Work request - Output only these lines, set down exactly: the one containing "day_fields(d)" and each line after it through the end of the records.

====== Provided data

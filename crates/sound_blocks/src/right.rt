// A rights block. Entering asks the same of a block that is to become one.
#![tactic(auto, using(layout::proofs::Tests::tests), unfolding(paper::specs::Sound::right_fields, paper::specs::Sound::right_sound))]

ghost use Rattle.std.specs.Prelude.{◌≡◌, ◌≤◌};
ghost use Rattle.paper.specs.Layout.{n_of};
ghost use Rattle.paper.specs.Sound.{right_fields, right_sound};

use super::areas::one_area_ours;
use super::capacity::capacity_named;
use super::entries::quantities_allowed;
use eic::eic_valid;
use field::same;
use layout::{area, holder, n_of, out_party, right_zeros};
use slots::with_capacity;

fn right_fields(d: &[u8], r: &[u8]) -> bool
    ensures { result ≡ right_fields d.now r.now }
{
    (n_of(r) == n_of(d)) & with_capacity(r) & capacity_named(r) & right_zeros(r)
}

pub fn right_sound(d: &[u8], r: &[u8]) -> bool
    requires { n_of d.now ≤ 100 }
    ensures { result ≡ right_sound d.now r.now }
{
    right_fields(d, r)
        & one_area_ours(area(d), r)
        & eic_valid(holder(r))
        & same(out_party(r), holder(r))
        & quantities_allowed(n_of(d) as usize, r)
}
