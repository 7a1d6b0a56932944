// The areas of a series and of a right: which of them is ours.
#![tactic(auto, using(layout::proofs::Tests::tests), unfolding(paper::specs::Sound::one_area_ours, paper::specs::Sound::areas_allowed))]

ghost use Rattle.std.specs.Prelude.{◌≡◌};
ghost use Rattle.paper.specs.Sound.{one_area_ours, areas_allowed};

use eic::eic_valid;
use field::same;
use layout::{in_area, out_area};
use slots::is_external;

// The order of the two is the direction, so either may be ours.
pub fn one_area_ours(ours: &[u8], x: &[u8]) -> bool
    ensures { result ≡ one_area_ours ours.now x.now }
{
    if same(in_area(x), ours) {
        return !same(out_area(x), ours) & eic_valid(out_area(x));
    }
    same(out_area(x), ours) & eic_valid(in_area(x))
}

// A submission asks the same of a message's series. A trade's areas are ours, and so valid: no code is judged.
pub fn areas_allowed(ours: &[u8], x: &[u8]) -> bool
    ensures { result ≡ areas_allowed ours.now x.now }
{
    if is_external(x) {
        return one_area_ours(ours, x);
    }
    same(in_area(x), ours) & same(out_area(x), ours)
}
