// The day block: "as above with valid EICs".
#![tactic(auto, using(layout::proofs::Tests::tests), unfolding(paper::specs::Sound::day_fields, paper::specs::Sound::day_sound, paper::specs::Rules::closed))]

ghost use Rattle.std.specs.Prelude.{◌≡◌, ◌≤◌};
ghost use Rattle.paper.specs.Sound.{day_fields, day_sound};
ghost use Rattle.paper.specs.Rules.{closed};

use super::ranges::{clock_allowed, lead_allowed, n_allowed, rule_allowed};
use eic::eic_valid;
use field::day_well_formed;
use layout::{area, clock, day_of_book, day_zeros, kind, lead, n_of, receiver, rule_of};
use paper::Position;

fn day_fields(d: &[u8]) -> bool
    ensures { result ≡ day_fields d.now }
{
    (kind(d) == 3)
        & n_allowed(n_of(d))
        & lead_allowed(lead(d))
        & clock_allowed(clock(d))
        & day_well_formed(day_of_book(d))
}

// An opening asks the same of the block that it is about to write.
pub fn day_sound(d: &[u8]) -> bool
    ensures { result ≡ day_sound d.now }
{
    day_fields(d)
        & rule_allowed(rule_of(d))
        & eic_valid(area(d))
        & eic_valid(receiver(d))
        & day_zeros(d)
}

// "Position p is open exactly when clock + lead ≤ 15 × (p − 1)." Clock and lead together need more than the two bytes that each has.
pub fn closed(d: &[u8], position: Position) -> bool
    requires { (1 ≤ position.0) × (position.0 ≤ 255) }
    ensures { result ≡ closed d.now position.0 }
{
    !(clock(d).0 as usize + lead(d) as usize <= 15 * (position.0 - 1) + 10080)
}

============

The answer -
    day_fields(d)
        & rule_allowed(rule_of(d))
        & eic_valid(area(d))
        & eic_valid(receiver(d))
        & day_zeros(d)
}

// "Position p is open exactly when clock + lead ≤ 15 × (p − 1)." Clock and lead together need more than the two bytes that each has.
pub fn closed(d: &[u8], position: Position) -> bool
    requires { (1 ≤ position.0) × (position.0 ≤ 255) }
    ensures { result ≡ closed d.now position.0 }
{
    !(clock(d).0 as usize + lead(d) as usize <= 15 * (position.0 - 1) + 10080)
}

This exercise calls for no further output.